The Pension Protection Act of 2006 (PL 109-280) signed by President Bush last August included several sections addressing charitable donation and appraisal requirements. The museum world and wealthy donors alike have expressed concerns about the chilling effect of this new legislation. Section 1218 is drawing the brunt of criticism.
Section 1218 addresses Partial Interest in tangible Donated Property. Fractional gifts of art to museums are a common practice that allows a donor to enjoy partial or even full possession of an art object over time as a ownership gradually transfers to the recipient institution. Despite fractional or even full ownership, receiving institutions often do not expect to take possession of the donated art until the death of the donor. Critics have charged that this practice allows the very wealthy to "donate their cake and eat it too," with no net benefit to the public at large.
The new law provides that a receiving institution must take full ownership of the donation within 10 years of the initial fractional gift, or the death of the donor, whichever comes first. The tax deduction would be lost and a penalty earned if this deadline is not met. Under prior law, there was no specific time frame for completing the transfer.
Moreover, once any fractional interest has been donated, the receiving institution must take possession of the art object for some period of time each year. No longer can the donor retain full possession, even if the institution is willing.
Most important, however, is the change related to the amount of the deduction a donor can claim on a gift donated in fractions over time. Previously the deduction amounted to the prorated Fair Market Value of the gift at the time of each fractional donation. With the thriving art market as it is, this practice accounted for appreciation and generally made each fractional gift more valuable than the last.

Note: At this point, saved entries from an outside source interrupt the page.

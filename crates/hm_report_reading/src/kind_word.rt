// The words that name the kinds of entries.
ghost use Rattle.std.specs.Prelude.{◌≡◌};
ghost use Rattle.hm_report_reading.specs.KindWords.{kind_named, kind_text};

/// The word of a kind of entry, by the name that the kind has in the program.
#[derive(Clone, Copy)]
pub enum KindWord {
    Loaded,
    Stored,
    Failed,
    Mapped,
    Unmapped,
    Protected,
    Forked,
    Exited,
    Attached,
    Detaching,
    Detached,
    Refused,
    Migrated,
    Seen,
    Evicted,
    Removed,
    Rlock,
    Runlock,
    Wlock,
    Named,
    Take,
    Drop,
    Place,
    Start,
    Told,
    End,
    Begin,
    Retry,
    Set,
    Fresh,
    Copied,
    Committed,
    Kept,
    Done,
    Withdrawn,
    Excluded,
    Fetched,
    Added,
}

impl KindWord {
    const ALL: [KindWord; 38] = [
        KindWord::Loaded,
        KindWord::Stored,
        KindWord::Failed,
        KindWord::Mapped,
        KindWord::Unmapped,
        KindWord::Protected,
        KindWord::Forked,
        KindWord::Exited,
        KindWord::Attached,
        KindWord::Detaching,
        KindWord::Detached,
        KindWord::Refused,
        KindWord::Migrated,
        KindWord::Seen,
        KindWord::Evicted,
        KindWord::Removed,
        KindWord::Rlock,
        KindWord::Runlock,
        KindWord::Wlock,
        KindWord::Named,
        KindWord::Take,
        KindWord::Drop,
        KindWord::Place,
        KindWord::Start,
        KindWord::Told,
        KindWord::End,
        KindWord::Begin,
        KindWord::Retry,
        KindWord::Set,
        KindWord::Fresh,
        KindWord::Copied,
        KindWord::Committed,
        KindWord::Kept,
        KindWord::Done,
        KindWord::Withdrawn,
        KindWord::Excluded,
        KindWord::Fetched,
        KindWord::Added,
    ];

    /// As a report spells it.
    pub fn text(self) -> &'static [u8]
        ensures { result.now ≡ kind_text self }
    {
        match self {
            KindWord::Loaded => b"loaded",
            KindWord::Stored => b"stored",
            KindWord::Failed => b"failed",
            KindWord::Mapped => b"mapped",
            KindWord::Unmapped => b"unmapped",
            KindWord::Protected => b"protected",
            KindWord::Forked => b"forked",
            KindWord::Exited => b"exited",
            KindWord::Attached => b"attached",
            KindWord::Detaching => b"detaching",
            KindWord::Detached => b"detached",
            KindWord::Refused => b"refused",
            KindWord::Migrated => b"migrated",
            KindWord::Seen => b"seen",
            KindWord::Evicted => b"evicted",
            KindWord::Removed => b"removed",
            KindWord::Rlock => b"rlock",
            KindWord::Runlock => b"runlock",
            KindWord::Wlock => b"wlock",
            KindWord::Named => b"named",
            KindWord::Take => b"take",
            KindWord::Drop => b"drop",
            KindWord::Place => b"place",
            KindWord::Start => b"start",
            KindWord::Told => b"told",
            KindWord::End => b"end",
            KindWord::Begin => b"begin",
            KindWord::Retry => b"retry",
            KindWord::Set => b"set",
            KindWord::Fresh => b"fresh",
            KindWord::Copied => b"copied",
            KindWord::Committed => b"committed",
            KindWord::Kept => b"kept",
            KindWord::Done => b"done",
            KindWord::Withdrawn => b"withdrawn",
            KindWord::Excluded => b"excluded",
            KindWord::Fetched => b"fetched",
            KindWord::Added => b"added",
        }
    }

    /// The kind that the word names.
    #[tactic(auto, unfolding(crate::specs::KindWords::kind_named))]
    pub fn named(word: &[u8]) -> Option<KindWord>
        ensures { result ≡ kind_named word.now }
    {
        KindWord::ALL
            .iter()
            .copied()
            .find(|kind| kind.text() == word)
    }
}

The new law requires that the donor use as the fractional donation basis, the lesser or the FMV at the time of the first fractional gift and the FMV at the time of all subsequent gifted fractions. In a bullish art market this essentially freezes the value of a work of art at an out-of-date and lesser value.
Heretofore, with an art market surging and limitations on the amount of charitable donations one can claim in relation to adjusted gross income, gifting in fractions over a long period of time gave a donor a successful tax strategy and the recipient museum a reliable increase to its permanent collection. Given the new legislation, museums are expecting donations to decrease. For this reason, the Association of art Museum Directors and other agencies have lobbied for a re-write of this part of the PPA.
They seem to have gotten their wish. Rep. Tom Udall (D-N.M.) and Rep. Phil English (R-PA). will soon introduce the "Promotion of Artistic Giving Act of 2007." The bill would require that donors must complete their fractional gifts within the donor's lifetime, rather than within 10 years, require an IRS review of donations' appraisal value for gifts valued at over $1 million and eliminate the unnecessary estate and gift tax implications relating to fractional giving contained in PPA.